[Records from a dataset]
==========

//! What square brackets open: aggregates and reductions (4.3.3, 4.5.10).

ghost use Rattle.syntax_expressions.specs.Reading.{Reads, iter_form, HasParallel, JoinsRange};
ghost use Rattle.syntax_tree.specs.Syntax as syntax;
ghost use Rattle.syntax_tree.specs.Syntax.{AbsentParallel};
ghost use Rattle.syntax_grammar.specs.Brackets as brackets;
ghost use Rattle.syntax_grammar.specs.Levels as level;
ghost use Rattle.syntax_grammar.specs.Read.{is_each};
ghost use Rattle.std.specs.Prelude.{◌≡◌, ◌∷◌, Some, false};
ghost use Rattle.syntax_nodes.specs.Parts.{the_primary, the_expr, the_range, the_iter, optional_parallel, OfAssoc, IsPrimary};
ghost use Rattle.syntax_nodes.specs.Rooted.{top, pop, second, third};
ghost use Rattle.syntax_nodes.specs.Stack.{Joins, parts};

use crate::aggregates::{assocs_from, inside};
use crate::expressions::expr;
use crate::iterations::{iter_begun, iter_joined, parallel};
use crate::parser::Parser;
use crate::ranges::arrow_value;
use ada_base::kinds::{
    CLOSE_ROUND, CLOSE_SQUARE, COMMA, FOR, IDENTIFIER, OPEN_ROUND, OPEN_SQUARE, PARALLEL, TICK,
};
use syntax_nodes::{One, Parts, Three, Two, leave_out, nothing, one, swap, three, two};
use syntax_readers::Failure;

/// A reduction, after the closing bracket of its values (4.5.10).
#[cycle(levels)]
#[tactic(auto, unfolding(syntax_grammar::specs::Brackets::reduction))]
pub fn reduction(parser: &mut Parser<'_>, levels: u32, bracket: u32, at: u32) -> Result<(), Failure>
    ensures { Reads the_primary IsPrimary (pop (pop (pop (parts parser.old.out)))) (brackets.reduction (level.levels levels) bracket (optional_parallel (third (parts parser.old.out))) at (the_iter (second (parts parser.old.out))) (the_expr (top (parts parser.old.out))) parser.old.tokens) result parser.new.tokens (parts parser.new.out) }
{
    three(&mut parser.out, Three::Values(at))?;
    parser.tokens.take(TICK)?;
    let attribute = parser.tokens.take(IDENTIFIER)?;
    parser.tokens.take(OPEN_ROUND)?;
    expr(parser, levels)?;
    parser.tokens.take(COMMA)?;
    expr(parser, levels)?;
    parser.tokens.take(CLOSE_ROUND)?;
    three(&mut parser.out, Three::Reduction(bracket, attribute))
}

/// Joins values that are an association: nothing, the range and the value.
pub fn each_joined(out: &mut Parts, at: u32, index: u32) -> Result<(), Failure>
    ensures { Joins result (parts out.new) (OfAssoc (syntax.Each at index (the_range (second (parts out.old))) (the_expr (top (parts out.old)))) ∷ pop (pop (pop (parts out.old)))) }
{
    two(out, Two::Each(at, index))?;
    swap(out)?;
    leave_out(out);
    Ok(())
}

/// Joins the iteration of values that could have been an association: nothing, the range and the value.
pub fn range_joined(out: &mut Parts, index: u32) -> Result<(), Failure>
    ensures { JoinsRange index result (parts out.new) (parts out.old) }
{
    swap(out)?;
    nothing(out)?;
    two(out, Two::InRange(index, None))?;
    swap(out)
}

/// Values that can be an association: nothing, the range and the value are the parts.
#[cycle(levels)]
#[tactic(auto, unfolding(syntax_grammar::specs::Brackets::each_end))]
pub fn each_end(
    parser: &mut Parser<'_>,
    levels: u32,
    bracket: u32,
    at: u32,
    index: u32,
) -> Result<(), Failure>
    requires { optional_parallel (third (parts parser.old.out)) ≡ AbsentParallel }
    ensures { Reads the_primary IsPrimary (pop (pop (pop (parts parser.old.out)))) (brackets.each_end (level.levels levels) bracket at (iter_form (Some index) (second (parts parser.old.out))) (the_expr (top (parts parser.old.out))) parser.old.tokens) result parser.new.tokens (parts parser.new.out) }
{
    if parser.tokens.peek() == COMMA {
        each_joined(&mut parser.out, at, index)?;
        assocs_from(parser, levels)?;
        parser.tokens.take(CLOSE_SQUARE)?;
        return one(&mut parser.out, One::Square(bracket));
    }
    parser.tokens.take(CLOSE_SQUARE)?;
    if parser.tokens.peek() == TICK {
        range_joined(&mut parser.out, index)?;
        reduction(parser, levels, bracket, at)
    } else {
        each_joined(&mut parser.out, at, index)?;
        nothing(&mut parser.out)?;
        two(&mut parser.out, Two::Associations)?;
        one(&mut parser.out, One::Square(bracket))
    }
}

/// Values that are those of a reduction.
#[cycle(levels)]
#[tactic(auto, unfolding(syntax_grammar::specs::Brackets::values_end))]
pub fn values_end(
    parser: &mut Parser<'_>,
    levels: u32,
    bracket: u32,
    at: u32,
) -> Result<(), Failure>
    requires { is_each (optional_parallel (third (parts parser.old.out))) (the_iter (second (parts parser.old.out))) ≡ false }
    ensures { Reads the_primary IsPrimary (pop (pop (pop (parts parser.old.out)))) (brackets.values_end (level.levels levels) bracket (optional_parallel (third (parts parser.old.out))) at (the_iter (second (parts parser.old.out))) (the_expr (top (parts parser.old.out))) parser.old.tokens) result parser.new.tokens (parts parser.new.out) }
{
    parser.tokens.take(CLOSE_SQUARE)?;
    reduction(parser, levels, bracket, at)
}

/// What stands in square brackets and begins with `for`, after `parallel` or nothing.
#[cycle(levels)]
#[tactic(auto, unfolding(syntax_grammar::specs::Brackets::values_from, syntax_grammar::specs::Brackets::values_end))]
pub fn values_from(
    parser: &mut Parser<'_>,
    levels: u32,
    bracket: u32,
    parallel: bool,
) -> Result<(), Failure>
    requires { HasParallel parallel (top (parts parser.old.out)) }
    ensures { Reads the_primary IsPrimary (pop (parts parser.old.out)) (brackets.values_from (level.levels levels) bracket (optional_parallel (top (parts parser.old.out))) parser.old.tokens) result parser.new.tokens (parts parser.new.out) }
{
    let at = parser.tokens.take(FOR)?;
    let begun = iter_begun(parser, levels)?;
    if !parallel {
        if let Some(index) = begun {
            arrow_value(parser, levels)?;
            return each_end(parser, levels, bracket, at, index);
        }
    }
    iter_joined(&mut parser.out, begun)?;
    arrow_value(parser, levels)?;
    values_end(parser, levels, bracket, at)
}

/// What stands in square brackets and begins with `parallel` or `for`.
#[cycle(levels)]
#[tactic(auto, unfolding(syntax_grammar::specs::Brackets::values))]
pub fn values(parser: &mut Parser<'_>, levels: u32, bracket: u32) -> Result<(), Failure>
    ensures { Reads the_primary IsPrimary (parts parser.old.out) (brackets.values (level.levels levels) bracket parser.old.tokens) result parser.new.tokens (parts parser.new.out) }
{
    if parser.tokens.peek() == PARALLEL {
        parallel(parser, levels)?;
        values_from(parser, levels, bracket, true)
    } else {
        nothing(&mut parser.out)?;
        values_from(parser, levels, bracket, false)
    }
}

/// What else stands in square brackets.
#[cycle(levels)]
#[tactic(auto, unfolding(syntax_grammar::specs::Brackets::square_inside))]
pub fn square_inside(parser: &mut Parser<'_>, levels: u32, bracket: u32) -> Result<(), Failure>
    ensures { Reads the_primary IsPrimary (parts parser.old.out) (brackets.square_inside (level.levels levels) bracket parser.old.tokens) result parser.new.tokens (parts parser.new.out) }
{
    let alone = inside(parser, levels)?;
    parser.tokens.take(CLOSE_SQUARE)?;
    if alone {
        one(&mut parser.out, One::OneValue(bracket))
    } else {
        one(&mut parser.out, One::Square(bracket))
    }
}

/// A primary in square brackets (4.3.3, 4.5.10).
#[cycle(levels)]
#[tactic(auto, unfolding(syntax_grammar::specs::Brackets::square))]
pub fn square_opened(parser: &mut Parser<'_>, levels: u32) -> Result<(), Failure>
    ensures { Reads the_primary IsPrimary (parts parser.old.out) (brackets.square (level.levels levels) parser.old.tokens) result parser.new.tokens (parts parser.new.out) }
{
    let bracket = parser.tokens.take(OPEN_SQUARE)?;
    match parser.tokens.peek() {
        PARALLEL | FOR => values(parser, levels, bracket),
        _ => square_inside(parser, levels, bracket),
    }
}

==========

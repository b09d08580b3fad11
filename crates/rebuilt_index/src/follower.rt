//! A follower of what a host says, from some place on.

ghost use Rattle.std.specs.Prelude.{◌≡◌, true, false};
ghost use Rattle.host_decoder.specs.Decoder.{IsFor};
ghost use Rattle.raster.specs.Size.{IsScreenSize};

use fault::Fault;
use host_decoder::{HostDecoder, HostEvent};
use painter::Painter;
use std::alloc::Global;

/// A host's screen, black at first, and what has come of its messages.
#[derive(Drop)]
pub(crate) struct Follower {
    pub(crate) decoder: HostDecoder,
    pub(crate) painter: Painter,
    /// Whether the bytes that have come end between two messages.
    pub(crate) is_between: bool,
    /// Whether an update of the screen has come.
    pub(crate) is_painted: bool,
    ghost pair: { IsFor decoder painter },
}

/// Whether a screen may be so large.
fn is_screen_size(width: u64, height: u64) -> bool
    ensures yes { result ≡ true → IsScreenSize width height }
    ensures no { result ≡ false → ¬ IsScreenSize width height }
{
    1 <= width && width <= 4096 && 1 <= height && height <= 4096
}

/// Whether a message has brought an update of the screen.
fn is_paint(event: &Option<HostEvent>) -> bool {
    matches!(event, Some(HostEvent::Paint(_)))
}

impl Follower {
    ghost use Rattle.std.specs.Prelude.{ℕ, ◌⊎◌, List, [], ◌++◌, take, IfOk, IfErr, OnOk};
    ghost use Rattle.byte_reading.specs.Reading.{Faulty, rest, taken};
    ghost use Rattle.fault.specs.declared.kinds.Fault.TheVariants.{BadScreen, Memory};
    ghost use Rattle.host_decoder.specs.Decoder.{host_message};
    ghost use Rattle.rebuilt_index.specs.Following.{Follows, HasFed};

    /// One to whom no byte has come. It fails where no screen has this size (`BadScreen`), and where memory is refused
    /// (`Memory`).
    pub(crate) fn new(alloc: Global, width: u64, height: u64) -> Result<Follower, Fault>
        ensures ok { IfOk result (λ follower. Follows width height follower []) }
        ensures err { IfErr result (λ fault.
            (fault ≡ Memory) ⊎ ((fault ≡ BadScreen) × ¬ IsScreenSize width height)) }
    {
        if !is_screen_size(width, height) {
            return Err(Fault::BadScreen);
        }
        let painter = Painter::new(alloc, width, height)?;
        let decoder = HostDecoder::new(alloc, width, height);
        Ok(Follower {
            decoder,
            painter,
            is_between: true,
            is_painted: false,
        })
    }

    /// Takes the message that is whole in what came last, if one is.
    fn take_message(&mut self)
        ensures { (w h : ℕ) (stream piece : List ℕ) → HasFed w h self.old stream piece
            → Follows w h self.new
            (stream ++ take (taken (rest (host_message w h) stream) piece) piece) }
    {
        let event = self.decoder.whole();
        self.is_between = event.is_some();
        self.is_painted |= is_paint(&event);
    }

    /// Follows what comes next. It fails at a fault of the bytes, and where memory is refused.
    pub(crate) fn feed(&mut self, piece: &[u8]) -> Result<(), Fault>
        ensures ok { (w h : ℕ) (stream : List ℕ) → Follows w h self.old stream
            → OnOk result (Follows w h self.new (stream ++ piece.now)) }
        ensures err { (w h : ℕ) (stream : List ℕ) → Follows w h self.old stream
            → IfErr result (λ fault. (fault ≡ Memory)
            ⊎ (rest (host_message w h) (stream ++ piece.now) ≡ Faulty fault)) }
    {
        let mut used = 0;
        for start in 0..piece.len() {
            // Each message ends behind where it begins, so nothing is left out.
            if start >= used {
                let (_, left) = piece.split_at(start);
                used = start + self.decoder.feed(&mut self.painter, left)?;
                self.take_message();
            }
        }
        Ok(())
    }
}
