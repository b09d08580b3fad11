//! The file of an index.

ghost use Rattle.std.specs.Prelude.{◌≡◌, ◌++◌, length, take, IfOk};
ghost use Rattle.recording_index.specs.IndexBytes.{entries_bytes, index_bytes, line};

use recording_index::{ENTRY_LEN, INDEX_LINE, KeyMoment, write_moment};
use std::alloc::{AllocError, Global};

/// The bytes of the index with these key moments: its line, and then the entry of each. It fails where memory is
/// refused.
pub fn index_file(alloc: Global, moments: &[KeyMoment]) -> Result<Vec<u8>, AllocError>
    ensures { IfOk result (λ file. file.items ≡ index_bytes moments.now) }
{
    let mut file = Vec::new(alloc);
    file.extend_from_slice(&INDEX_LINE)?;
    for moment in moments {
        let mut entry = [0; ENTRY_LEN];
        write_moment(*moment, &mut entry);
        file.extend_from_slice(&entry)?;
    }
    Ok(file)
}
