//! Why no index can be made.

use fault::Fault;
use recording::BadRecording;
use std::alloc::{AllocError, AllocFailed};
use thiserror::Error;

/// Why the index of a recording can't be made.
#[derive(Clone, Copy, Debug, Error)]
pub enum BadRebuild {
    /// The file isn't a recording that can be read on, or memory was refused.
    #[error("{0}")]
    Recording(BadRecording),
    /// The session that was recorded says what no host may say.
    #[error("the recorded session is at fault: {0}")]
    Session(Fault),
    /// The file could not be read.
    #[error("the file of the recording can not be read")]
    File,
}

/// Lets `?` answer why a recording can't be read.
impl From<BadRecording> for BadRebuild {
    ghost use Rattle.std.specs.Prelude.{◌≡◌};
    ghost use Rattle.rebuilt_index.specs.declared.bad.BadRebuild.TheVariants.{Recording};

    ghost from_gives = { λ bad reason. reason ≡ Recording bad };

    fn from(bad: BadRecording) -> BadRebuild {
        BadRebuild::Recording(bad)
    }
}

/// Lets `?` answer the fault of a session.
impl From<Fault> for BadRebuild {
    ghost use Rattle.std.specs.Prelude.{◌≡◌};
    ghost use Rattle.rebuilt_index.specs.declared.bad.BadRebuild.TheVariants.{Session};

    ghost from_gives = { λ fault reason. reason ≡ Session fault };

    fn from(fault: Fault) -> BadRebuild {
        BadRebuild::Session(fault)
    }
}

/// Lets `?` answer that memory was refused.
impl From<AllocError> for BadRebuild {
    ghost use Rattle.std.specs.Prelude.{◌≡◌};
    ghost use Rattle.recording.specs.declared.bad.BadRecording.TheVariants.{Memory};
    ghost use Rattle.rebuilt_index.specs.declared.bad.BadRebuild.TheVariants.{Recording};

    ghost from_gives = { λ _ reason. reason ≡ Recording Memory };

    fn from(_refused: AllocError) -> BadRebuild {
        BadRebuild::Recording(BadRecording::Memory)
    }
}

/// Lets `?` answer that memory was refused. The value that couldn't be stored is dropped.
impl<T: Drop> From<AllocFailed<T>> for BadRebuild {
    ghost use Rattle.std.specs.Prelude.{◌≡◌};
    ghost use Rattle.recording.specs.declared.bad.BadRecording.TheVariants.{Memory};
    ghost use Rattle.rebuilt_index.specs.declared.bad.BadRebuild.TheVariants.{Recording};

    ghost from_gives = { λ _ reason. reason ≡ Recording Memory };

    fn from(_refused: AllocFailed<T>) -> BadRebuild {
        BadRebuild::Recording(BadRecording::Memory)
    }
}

==========

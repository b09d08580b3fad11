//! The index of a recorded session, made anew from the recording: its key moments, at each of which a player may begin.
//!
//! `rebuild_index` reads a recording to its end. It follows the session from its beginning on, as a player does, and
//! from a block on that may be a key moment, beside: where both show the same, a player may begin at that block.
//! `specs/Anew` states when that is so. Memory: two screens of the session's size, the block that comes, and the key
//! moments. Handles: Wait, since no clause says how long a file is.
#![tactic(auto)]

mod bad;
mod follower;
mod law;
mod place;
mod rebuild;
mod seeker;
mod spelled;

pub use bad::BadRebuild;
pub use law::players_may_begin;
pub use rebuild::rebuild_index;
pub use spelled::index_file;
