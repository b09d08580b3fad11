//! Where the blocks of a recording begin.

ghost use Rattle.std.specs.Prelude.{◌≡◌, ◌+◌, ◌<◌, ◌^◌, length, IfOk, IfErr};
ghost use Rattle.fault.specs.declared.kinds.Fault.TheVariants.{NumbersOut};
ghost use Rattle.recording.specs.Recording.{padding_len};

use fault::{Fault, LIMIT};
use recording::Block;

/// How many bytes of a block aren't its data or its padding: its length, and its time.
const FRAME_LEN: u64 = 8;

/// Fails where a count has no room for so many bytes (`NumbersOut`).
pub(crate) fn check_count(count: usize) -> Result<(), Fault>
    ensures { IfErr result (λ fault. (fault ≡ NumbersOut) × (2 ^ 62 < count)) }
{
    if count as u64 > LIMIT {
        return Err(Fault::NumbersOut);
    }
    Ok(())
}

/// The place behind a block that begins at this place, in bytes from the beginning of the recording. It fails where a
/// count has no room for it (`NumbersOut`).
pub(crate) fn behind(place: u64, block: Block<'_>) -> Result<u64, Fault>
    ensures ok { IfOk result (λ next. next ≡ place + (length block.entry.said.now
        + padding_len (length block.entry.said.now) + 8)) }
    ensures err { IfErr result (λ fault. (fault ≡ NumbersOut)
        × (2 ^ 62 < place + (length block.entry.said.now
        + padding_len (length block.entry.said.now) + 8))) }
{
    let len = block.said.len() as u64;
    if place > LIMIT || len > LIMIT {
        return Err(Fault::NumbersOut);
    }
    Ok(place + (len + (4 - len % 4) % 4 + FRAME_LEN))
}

==========

**What is required**
Write only the number of lines above that contain "return".

**Expected answer**
5